## About this exercise
Transcribe all of the data exactly, leaving nothing out.

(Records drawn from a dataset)
☆ ☆ ☆

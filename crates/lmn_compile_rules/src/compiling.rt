ghost use Rattle.std.specs.Prelude.{IfOk};
ghost use Rattle.lmn_compile_rules.specs.Compiled.{AreWhole, AreCompiled, IsCompiled};
ghost use Rattle.lmn_compile_body.specs.Accepted.{HasBodyRoom};

use lmn_base::{NoMemory, Plain, RuleTree};
use lmn_compile_body::{accepted_bodies, body};
use lmn_compile_head::head;
use lmn_guards::GuardPlan;
use lmn_instr_code::Code;
use lmn_instr_pool::Codes;
use std::alloc::Global;

/// The code of a rule with its plan.
fn rule_code(alloc: Global, rule: &RuleTree, plan: &GuardPlan) -> Result<Code, NoMemory>
    requires { HasBodyRoom rule.now plan.now }
    ensures { IfOk result (λ code. IsCompiled rule.now plan.now code) }
{
    Ok(Code {
        head: head(alloc, rule, plan)?,
        body: body(alloc, rule, plan)?,
    })
}

/// The code of each rule of a plain, which has the number of its rule, in a store of codes. `plans` has the plan of each rule, by
/// its number. One code at a time stands beside the store.
///
/// # Errors
///
/// `NoMemory` at want of memory.
pub fn stored(alloc: Global, plain: &Plain, plans: &[GuardPlan]) -> Result<Codes, NoMemory>
    requires { AreWhole plain.now.rules plans.now }
    ensures { IfOk result (λ codes. AreCompiled plain.now.rules plans.now codes) }
{
    accepted_bodies();
    let mut codes = Codes::new(alloc);
    for k in 0..plain.rules.len() {
        codes.push(alloc, rule_code(alloc, plain.rules.at(k), &plans[k])?)?;
    }
    Ok(codes)
}
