//! The code of all rules of a plain.
#![tactic(auto)]

mod compiling;

pub use compiling::stored;
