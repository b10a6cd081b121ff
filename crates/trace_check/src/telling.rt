// A verdict as a line.
ghost use Rattle.std.specs.Prelude.{◌≡◌, ◌≤◌, ◌<◌, ◌++◌, ◌∷◌, [], codes, IfOk, IsErrOf};
ghost use Rattle.std.specs.Fmt.{decimal};
ghost use Rattle.ce_algorithms.specs.Lines.{lines_of};
ghost use Rattle.trace_check.specs.Told.{TellsVerdict, line_of};

use crate::{Verdict, check};
use ce_base::{NoMemory, Sink, Stop, Text, write_all};
use std::alloc::Global;
use std::fmt::Write;

// A word, a number, and a line feed.
fn numbered(alloc: Global, word: &str, number: u64) -> Result<Text, NoMemory>
    ensures { IfOk result (λ line. line ≡ word.now ++ decimal number ++ 10 ∷ []) }
{
    let mut line = String::new(alloc);
    line.push_str(word)?;
    write!(line, "{number}\n")?;
    Ok(Text::from(line))
}

// The line of a verdict.
fn line_of(alloc: Global, verdict: Verdict) -> Result<Text, NoMemory>
    ensures { IfOk result (λ line. line ≡ line_of verdict) }
{
    match verdict {
        Verdict::Yes(count) => numbered(alloc, "lawful ", count),
        Verdict::No(number) => numbered(alloc, "unlawful ", number),
    }
}

// Checks the bytes, and writes the line of the verdict.
pub(crate) fn tell_verdict<K: Sink>(
    alloc: Global,
    bytes: &[u8],
    sink: &mut K,
) -> Result<Verdict, Stop>
    ensures tells { TellsVerdict (lines_of bytes.now) result (K.held sink.old) (K.held sink.new) (K.failed sink.old) (K.failed sink.new) }
    ensures later { K.failed sink.old ≤ K.failed sink.new }
    ensures told { K.failed sink.old < K.failed sink.new → IsErrOf result Stop.WriteFault }
{
    let verdict = check(alloc, bytes)?;
    let line = line_of(alloc, verdict)?;
    write_all(sink, line.as_str().as_bytes())?;
    Ok(verdict)
}
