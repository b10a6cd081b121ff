// A trace checked against the law of order, line by line.
ghost use Rattle.std.specs.Prelude.{◌≡◌, ◌∷◌, ◌<◌, ◌≤◌, ℕ, length, Err, Ok, IfOk};
ghost use Rattle.ce_algorithms.specs.Lines.{lines_of};
ghost use Rattle.trace_check.specs.Next.{IsAfterEvent, IsAfterLine};
ghost use Rattle.trace_check.specs.Traces.{AreLawful};
ghost use Rattle.trace_check.specs.Verdict.{BreaksAt, IsVerdict};

use crate::Verdict;
use crate::laws::each_trace_has_one_verdict;
use ce_base::NoMemory;
use ce_events::Event;
use ce_lines::{EventRefused, read_event};
use event_reader::texts_tell_steps;
use order_checker::Checker;
use std::alloc::Global;

// The first line, without its line feed, and what stands behind it.
fn cut(bytes: &[u8]) -> (&[u8], &[u8])
    requires { 0 < length bytes.now }
    ensures lines { lines_of bytes.now ≡ result.0.now ∷ lines_of result.1.now }
    ensures shorter { length result.1.now < length bytes.now }
{
    for (i, b) in bytes.iter().enumerate() {
        if *b == b'\n' {
            return (&bytes[..i], &bytes[i + 1..]);
        }
    }
    (bytes, &[])
}

// The book after an event, where it may come.
fn after_event(book: Checker, e: &Event) -> Result<Option<Checker>, NoMemory>
    ensures { IfOk result (λ next. IsAfterEvent book e.now next) }
{
    if !book.may_come(e) {
        drop(book);
        return Ok(None);
    }
    match book.read(e) {
        Ok(next) => Ok(Some(next)),
        Err(NoMemory) => Err(NoMemory),
    }
}

// The book after the event of a line, where it is the line of one that may come.
fn after_line(alloc: Global, book: Checker, line: &[u8]) -> Result<Option<Checker>, NoMemory>
    ensures { IfOk result (λ next. IsAfterLine book line.now next) }
{
    texts_tell_steps();
    match read_event(alloc, line) {
        Ok(e) => after_event(book, &e),
        Err(EventRefused::NotAnEvent) => {
            drop(book);
            Ok(None)
        }
        Err(EventRefused::NoMemory) => {
            drop(book);
            Err(NoMemory)
        }
    }
}

// Checks the lines in one pass.
fn verdict_of(alloc: Global, bytes: &[u8]) -> Result<Verdict, NoMemory>
    ensures { IfOk result (λ v. IsVerdict v (lines_of bytes.now)) }
{
    texts_tell_steps();
    let mut book = Checker::make(alloc);
    let mut count: u64 = 0;
    let mut rest = bytes;
    while !rest.is_empty() {
        let (line, behind) = cut(rest);
        match after_line(alloc, book, line)? {
            None => return Ok(Verdict::No(count + 1)),
            Some(next) => book = next,
        }
        count += 1;
        rest = behind;
    }
    drop(book);
    Ok(Verdict::Yes(count))
}

/// Checks a trace against the law of order, in one pass. Its lines are cut at each line feed, and may be of any length; a
/// last line without a line feed counts where it is not empty. NoMemory: memory was refused.
pub fn check(alloc: Global, bytes: &[u8]) -> Result<Verdict, NoMemory>
    ensures says { IfOk result (λ v. IsVerdict v (lines_of bytes.now)) }

    // Each answer comes exactly where what it says holds.
    ensures yes { AreLawful (lines_of bytes.now) → IfOk result (λ v. v ≡ Verdict.Yes (length (lines_of bytes.now))) }
    ensures no { (n : ℕ) → BreaksAt n (lines_of bytes.now) → IfOk result (λ v. v ≡ Verdict.No n) }
{
    each_trace_has_one_verdict();
    verdict_of(alloc, bytes)
}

☆ ☆ ☆

## Answer to the problem
filename crates/lmn_compile_rules/src/compiling.rt
ghost use Rattle.std.specs.Prelude.{IfOk};
ghost use Rattle.lmn_compile_rules.specs.Compiled.{AreWhole, AreCompiled, IsCompiled};
ghost use Rattle.lmn_compile_body.specs.Accepted.{HasBodyRoom};

use lmn_base::{NoMemory, Plain, RuleTree};
use lmn_compile_body::{accepted_bodies, body};
use lmn_compile_head::head;
use lmn_guards::GuardPlan;
use lmn_instr_code::Code;
use lmn_instr_pool::Codes;
use std::alloc::Global;

/// The code of a rule with its plan.
fn rule_code(alloc: Global, rule: &RuleTree, plan: &GuardPlan) -> Result<Code, NoMemory>
    requires { HasBodyRoom rule.now plan.now }
    ensures { IfOk result (λ code. IsCompiled rule.now plan.now code) }
{
    Ok(Code {
        head: head(alloc, rule, plan)?,
        body: body(alloc, rule, plan)?,
    })
}

/// The code of each rule of a plain, which has the number of its rule, in a store of codes. `plans` has the plan of each rule, by
/// its number. One code at a time stands beside the store.
///
/// # Errors
///
/// `NoMemory` at want of memory.
pub fn stored(alloc: Global, plain: &Plain, plans: &[GuardPlan]) -> Result<Codes, NoMemory>
    requires { AreWhole plain.now.rules plans.now }
    ensures { IfOk result (λ codes. AreCompiled plain.now.rules plans.now codes) }
{
    accepted_bodies();
    let mut codes = Codes::new(alloc);
    for k in 0..plain.rules.len() {
        codes.push(alloc, rule_code(alloc, plain.rules.at(k), &plans[k])?)?;
    }
    Ok(codes)
}
//! The code of all rules of a plain.
#![tactic(auto)]

mod compiling;

pub use compiling::stored;
repository b10a6cd081b121ff
filename crates/trace_check/src/telling.rt
// A verdict as a line.
ghost use Rattle.std.specs.Prelude.{◌≡◌, ◌≤◌, ◌<◌, ◌++◌, ◌∷◌, [], codes, IfOk, IsErrOf};
ghost use Rattle.std.specs.Fmt.{decimal};
ghost use Rattle.ce_algorithms.specs.Lines.{lines_of};
ghost use Rattle.trace_check.specs.Told.{TellsVerdict, line_of};

use crate::{Verdict, check};
use ce_base::{NoMemory, Sink, Stop, Text, write_all};
use std::alloc::Global;
use std::fmt::Write;

// A word, a number, and a line feed.
fn numbered(alloc: Global, word: &str, number: u64) -> Result<Text, NoMemory>
    ensures { IfOk result (λ line. line ≡ word.now ++ decimal number ++ 10 ∷ []) }
{
    let mut line = String::new(alloc);
    line.push_str(word)?;
    write!(line, "{number}\n")?;
    Ok(Text::from(line))
}

// The line of a verdict.
fn line_of(alloc: Global, verdict: Verdict) -> Result<Text, NoMemory>
    ensures { IfOk result (λ line. line ≡ line_of verdict) }
{
    match verdict {
        Verdict::Yes(count) => numbered(alloc, "lawful ", count),
        Verdict::No(number) => numbered(alloc, "unlawful ", number),
    }
}

// Checks the bytes, and writes the line of the verdict.
pub(crate) fn tell_verdict<K: Sink>(
    alloc: Global,
    bytes: &[u8],
    sink: &mut K,
) -> Result<Verdict, Stop>
    ensures tells { TellsVerdict (lines_of bytes.now) result (K.held sink.old) (K.held sink.new) (K.failed sink.old) (K.failed sink.new) }
    ensures later { K.failed sink.old ≤ K.failed sink.new }
    ensures told { K.failed sink.old < K.failed sink.new → IsErrOf result Stop.WriteFault }
{
    let verdict = check(alloc, bytes)?;
    let line = line_of(alloc, verdict)?;
    write_all(sink, line.as_str().as_bytes())?;
    Ok(verdict)
}
repository b10a6cd081b121ff
// A trace checked against the law of order, line by line.
ghost use Rattle.std.specs.Prelude.{◌≡◌, ◌∷◌, ◌<◌, ◌≤◌, ℕ, length, Err, Ok, IfOk};
ghost use Rattle.ce_algorithms.specs.Lines.{lines_of};
ghost use Rattle.trace_check.specs.Next.{IsAfterEvent, IsAfterLine};
ghost use Rattle.trace_check.specs.Traces.{AreLawful};
ghost use Rattle.trace_check.specs.Verdict.{BreaksAt, IsVerdict};

use crate::Verdict;
use crate::laws::each_trace_has_one_verdict;
use ce_base::NoMemory;
use ce_events::Event;
use ce_lines::{EventRefused, read_event};
use event_reader::texts_tell_steps;
use order_checker::Checker;
use std::alloc::Global;

// The first line, without its line feed, and what stands behind it.
fn cut(bytes: &[u8]) -> (&[u8], &[u8])
    requires { 0 < length bytes.now }
    ensures lines { lines_of bytes.now ≡ result.0.now ∷ lines_of result.1.now }
    ensures shorter { length result.1.now < length bytes.now }
{
    for (i, b) in bytes.iter().enumerate() {
        if *b == b'\n' {
            return (&bytes[..i], &bytes[i + 1..]);
        }
    }
    (bytes, &[])
}

// The book after an event, where it may come.
fn after_event(book: Checker, e: &Event) -> Result<Option<Checker>, NoMemory>
    ensures { IfOk result (λ next. IsAfterEvent book e.now next) }
{
    if !book.may_come(e) {
        drop(book);
        return Ok(None);
    }
    match book.read(e) {
        Ok(next) => Ok(Some(next)),
        Err(NoMemory) => Err(NoMemory),
    }
}

// The book after the event of a line, where it is the line of one that may come.
fn after_line(alloc: Global, book: Checker, line: &[u8]) -> Result<Option<Checker>, NoMemory>
    ensures { IfOk result (λ next. IsAfterLine book line.now next) }
{
    texts_tell_steps();
    match read_event(alloc, line) {
        Ok(e) => after_event(book, &e),
        Err(EventRefused::NotAnEvent) => {
            drop(book);
            Ok(None)
        }
        Err(EventRefused::NoMemory) => {
            drop(book);
            Err(NoMemory)
        }
    }
}

// Checks the lines in one pass.
fn verdict_of(alloc: Global, bytes: &[u8]) -> Result<Verdict, NoMemory>
    ensures { IfOk result (λ v. IsVerdict v (lines_of bytes.now)) }
{
    texts_tell_steps();
    let mut book = Checker::make(alloc);
    let mut count: u64 = 0;
    let mut rest = bytes;
    while !rest.is_empty() {
        let (line, behind) = cut(rest);
        match after_line(alloc, book, line)? {
            None => return Ok(Verdict::No(count + 1)),
            Some(next) => book = next,
        }
        count += 1;
        rest = behind;
    }
    drop(book);
    Ok(Verdict::Yes(count))
}

/// Checks a trace against the law of order, in one pass. Its lines are cut at each line feed, and may be of any length; a
/// last line without a line feed counts where it is not empty. NoMemory: memory was refused.
pub fn check(alloc: Global, bytes: &[u8]) -> Result<Verdict, NoMemory>
    ensures says { IfOk result (λ v. IsVerdict v (lines_of bytes.now)) }

    // Each answer comes exactly where what it says holds.
    ensures yes { AreLawful (lines_of bytes.now) → IfOk result (λ v. v ≡ Verdict.Yes (length (lines_of bytes.now))) }
    ensures no { (n : ℕ) → BreaksAt n (lines_of bytes.now) → IfOk result (λ v. v ≡ Verdict.No n) }
{
    each_trace_has_one_verdict();
    verdict_of(alloc, bytes)
}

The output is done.